I would like to know the best way to design context, etc. handling in an application that uses CUDA on a system with multiple GPUs. I've been trying to find literature that talks about guidelines for when context reuse vs. recreation is appropriate, but so far haven't found anything that outlines best practices, rules of thumb, etc.

The general overview of what we're needing to do is:

Requests come in to a central process.
That process forks to handle a single request.
Data is loaded from the DB (relatively expensive).

The the following is repeated an arbitrary number of times based on the request (dozens):

A few quick kernel calls to compute data that is needed for later kernels.
One slow kernel call (10 sec).

Finally:

Results from the kernel calls are collected and processed on the CPU, then stored.

At the moment, each kernel call creates and then destroys a context, which seems wasteful. Setup is taking about 0.1 sec per context and kernel load, and while that's not huge, it is precluding us from moving other quicker tasks to the GPU.

I am trying to figure out the best way to manage contexts, etc. so that we can use the machine efficiently. I think that in the single-gpu case, it's relatively simple:

Create a context before starting any of the GPU work.
Launch the kernels for the first set of data.
Record an event for after the final kernel call in the series.
Prepare the second set of data on the CPU while the first is computing on the GPU.
Launch the second set, repeat.
Insure that each event gets synchronized before collecting the results and storing them.

That seems like it should do the trick, assuming proper use of overlapped memory copies.

However, I'm unsure what I should do when wanting to round-robin each of the dozens of items to process over multiple GPUs.

The host program is Python 2.7, using PyCUDA to access the GPU. Currently it's not multi-threaded, and while I'd rather keep it that way ("now you have two problems" etc.), if the answer means threads, it means threads. Similarly, it would be nice to just be able to call event.synchronize() in the main thread when it's time to block on data, but for our needs efficient use of the hardware is more important. Since we'll potentially be servicing multiple requests at a time, letting other processes use the GPU when this process isn't using it is important.

I don't think that we have any explicit reason to use Exclusive compute modes (ie. we're not filling up the memory of the card with one work item), so I don't think that solutions that involve long-standing contexts are off the table.

Note that answers in the form of links to other content that covers my questions are completely acceptable (encouraged, even), provided they go into enough detail about the why, not just the API. Thanks for reading!

Solution

Caveat: I'm not a PyCUDA user (yet).

With CUDA 4.0+ you don't even need an explicit context per GPU. You can just call cudaSetDevice (or the PyCUDA equivalent) before doing per-device stuff (cudaMalloc, cudaMemcpy, launch kernels, etc.).

If you need to synchronize between GPUs, you will need to potentially create streams and/or events and use cudaEventSynchronize (or the PyCUDA equivalent).
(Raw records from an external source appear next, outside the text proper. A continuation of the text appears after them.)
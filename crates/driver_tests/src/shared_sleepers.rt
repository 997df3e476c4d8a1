//! A thread sleeps over a shared world, and a call wakes it: each call that ends what it waits for.

use crate::looks::{let_sleep, see};
use crate::shared_worlds::{cancelled, done, opened, read_of, submitted};
use entry_codec::Status;
use shared::{Changes, ServedStep, Shared, calls};
use std::alloc::Global;
use std::process::Abort;
use std::sync::Wait;
use std::thread;
use std::thread::Threads;
use std::time::Clock;
use step_core::{Reaped, Refusal, World};

/// What a thread waits for.
#[derive(Clone, Copy)]
enum Sleep {
    /// To reserve a Read of three blocks.
    Reserve,
    /// To collect a Read of one block that it submits.
    Collect,
    /// To reap queue 1.
    Reap,
    /// To serve.
    Serve,
}

/// What it is woken to: the end of its command, success where it has none; why it is refused, or that there is nothing to do.
type Woken = Result<Status, Option<Refusal>>;

/// A call that is made while a thread sleeps. Each is of queue 1 or 0, and of identifier 0.
#[derive(Clone, Copy)]
enum Call {
    Ring(u16),
    Fetch(u16),
    Walk,
    Complete(u16),
    Reap(u16),
    DeleteSq,
    Retire,
    /// Of a completion of identifier 0, with SQ head 1 and status 0:00.
    Forge,
    Reset,
    Stop,
}

/// How many drafts have four of the eight pages that no queue owns before a thread sleeps, how many Reads of one block are announced, what the thread
/// waits for, the calls, the last of which wakes it, and what it is woken to.
type Waking = (u32, u32, Sleep, &'static [Call], Woken);

/// What it waited for came.
const DONE: Woken = Ok(Status::SUCCESS);

/// Its command was lost with its queue.
const LOST: Woken = Ok(Status::ABORTED_SQ_DELETION);

/// There is nothing to do.
const IDLE: Woken = Err(None);

/// All its pages are missing.
const NO_PAGES: Woken = Err(Some(Refusal::NoPages { need: 4, free: 0 }));

/// The calls that serve a Read of one block, up to its completion and up to its reap.
const SERVED: [Call; 4] = [Call::Fetch(1), Call::Walk, Call::Walk, Call::Complete(1)];

const REAPED: [Call; 5] = [
    Call::Fetch(1),
    Call::Walk,
    Call::Walk,
    Call::Complete(1),
    Call::Reap(1),
];

/// The calls that delete queue 1 and retire it.
const RETIRED: [Call; 6] = [
    Call::DeleteSq,
    Call::Ring(0),
    Call::Fetch(0),
    Call::Complete(0),
    Call::Reap(0),
    Call::Retire,
];

/// Each wait, and each call that ends it.
const WAKINGS: [Waking; 13] = [
    (
        2,
        0,
        Sleep::Reserve,
        &[Call::DeleteSq],
        Err(Some(Refusal::Deleting)),
    ),
    (
        2,
        0,
        Sleep::Reserve,
        &[Call::Reset],
        Err(Some(Refusal::NoQueue)),
    ),
    (2, 0, Sleep::Reserve, &[Call::Stop], NO_PAGES),
    (0, 0, Sleep::Collect, &REAPED, DONE),
    (0, 0, Sleep::Collect, &[Call::Forge, Call::Reap(1)], DONE),
    (0, 0, Sleep::Collect, &[Call::Reset], LOST),
    (0, 0, Sleep::Collect, &RETIRED, LOST),
    (
        0,
        0,
        Sleep::Collect,
        &[Call::Stop],
        Err(Some(Refusal::NotYet)),
    ),
    (0, 1, Sleep::Reap, &SERVED, DONE),
    (0, 1, Sleep::Reap, &[Call::Forge], DONE),
    (0, 0, Sleep::Reap, &[Call::Stop], IDLE),
    (0, 0, Sleep::Serve, &[Call::DeleteSq, Call::Ring(0)], DONE),
    (0, 0, Sleep::Serve, &[Call::Stop], IDLE),
];

/// Waits, and answers what it is woken to.
fn slept<R: Abort + Wait>(rt: &R, alloc: Global, shared: &Shared<World>, sleep: Sleep) -> Woken {
    match sleep {
        Sleep::Reserve => match shared.reserve_when_free(rt, 1, read_of(rt, alloc, 3)) {
            Ok(draft) => {
                cancelled(rt, shared, draft);
                DONE
            }
            Err(refused) => Err(Some(refused.why)),
        },
        Sleep::Collect => {
            let ticket = submitted(rt, alloc, shared, 1);
            match shared.collect_when_ended(rt, ticket) {
                Ok(finished) => Ok(finished.apart().status),
                Err(refused) => {
                    drop(refused.value.apart());
                    Err(Some(refused.why))
                }
            }
        }
        Sleep::Reap => match shared.reap_next(rt) {
            Some((1, Ok(Reaped::Done { .. }))) => DONE,
            _ => IDLE,
        },
        Sleep::Serve => match shared.serve_next(rt) {
            Some(
                ServedStep::Fetch {
                    q: 0,
                    answer: Ok(_),
                },
            ) => DONE,
            _ => IDLE,
        },
    }
}

/// Makes a call of the world that is locked. Whether it was accepted.
fn is_accepted<R: Wait>(rt: &R, shared: &Shared<World>, call: Call) -> bool {
    let mut locked = shared.lock(rt);
    let world = &mut locked.machine;
    let (accepted, changes) = match call {
        Call::Walk => (world.walk(1, 0).is_ok(), Changes::NONE),
        Call::Complete(q) => (world.complete(q, 0).is_ok(), Changes::NONE),
        Call::DeleteSq => (world.delete_sq(1).is_ok(), Changes::ROOM),
        Call::Retire => (world.retire(1).is_ok(), Changes::ALL),
        Call::Forge => {
            let bytes = [0, 0, 0, 0, 0, 0, 0, 0, 1, 0, 1, 0, 0, 0, 1, 0];
            (world.forge(1, 0, bytes).is_ok(), Changes::NONE)
        }
        _ => (false, Changes::NONE),
    };
    shared.leave(locked, changes);
    accepted
}

/// Makes a call. Whether it was accepted.
fn is_made<R: Wait>(rt: &R, shared: &Shared<World>, call: Call) -> bool {
    match call {
        Call::Ring(q) => calls::ring(shared, rt, q).is_ok(),
        Call::Fetch(q) => calls::fetch(shared, rt, q).is_ok(),
        Call::Reap(q) => calls::reap(shared, rt, q).is_ok(),
        Call::Reset => {
            calls::reset(shared, rt);
            true
        }
        Call::Stop => {
            shared.stop(rt);
            shared.stopping(rt)
        }
        other => is_accepted(rt, shared, other),
    }
}

/// Sees that a thread sleeps until the last call is made, and what it is woken to.
fn see_woken<R: Abort + Clock + Threads + Wait + Sync>(
    rt: &R,
    alloc: Global,
    (drafts, rung, sleep, calls, woken): Waking,
) {
    let shared = opened(rt, alloc);
    for _ in 0..drafts {
        let draft = done(rt, shared.reserve_when_free(rt, 1, read_of(rt, alloc, 3)));
        drop(draft.apart());
    }
    for _ in 0..rung {
        drop(submitted(rt, alloc, &shared, 1).apart());
    }
    thread::scope(thread::scope_env(), rt, |scope| {
        let Ok(sleeper) = scope.spawn(|| slept(rt, alloc, &shared, sleep)) else {
            panic!(rt; "no thread was made");
        };
        for call in calls {
            let_sleep(rt);
            assert!(rt; is_made(rt, &shared, *call));
        }
        see(rt, &sleeper.join(rt), &woken);
    });
    let _ended = shared.end().end();
}

#[test]
fn each_call_wakes_who_waits_for_it(rt: HostRuntime) {
    for waking in WAKINGS {
        see_woken(&rt, rt.alloc(), waking);
    }
}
You can even have one stream wait on an event inserted in another stream to do sophisticated dependencies.

So I suspect the answer to day is quite a lot simpler than talonmies' excellent pre-CUDA-4.0 answer.

You might also find this answer useful.

(Re)Edit by OP: Per my understanding, PyCUDA supports versions of CUDA prior to 4.0, and so still uses the old API/semantics (the driver API?), so talonmies' answer is still relevant.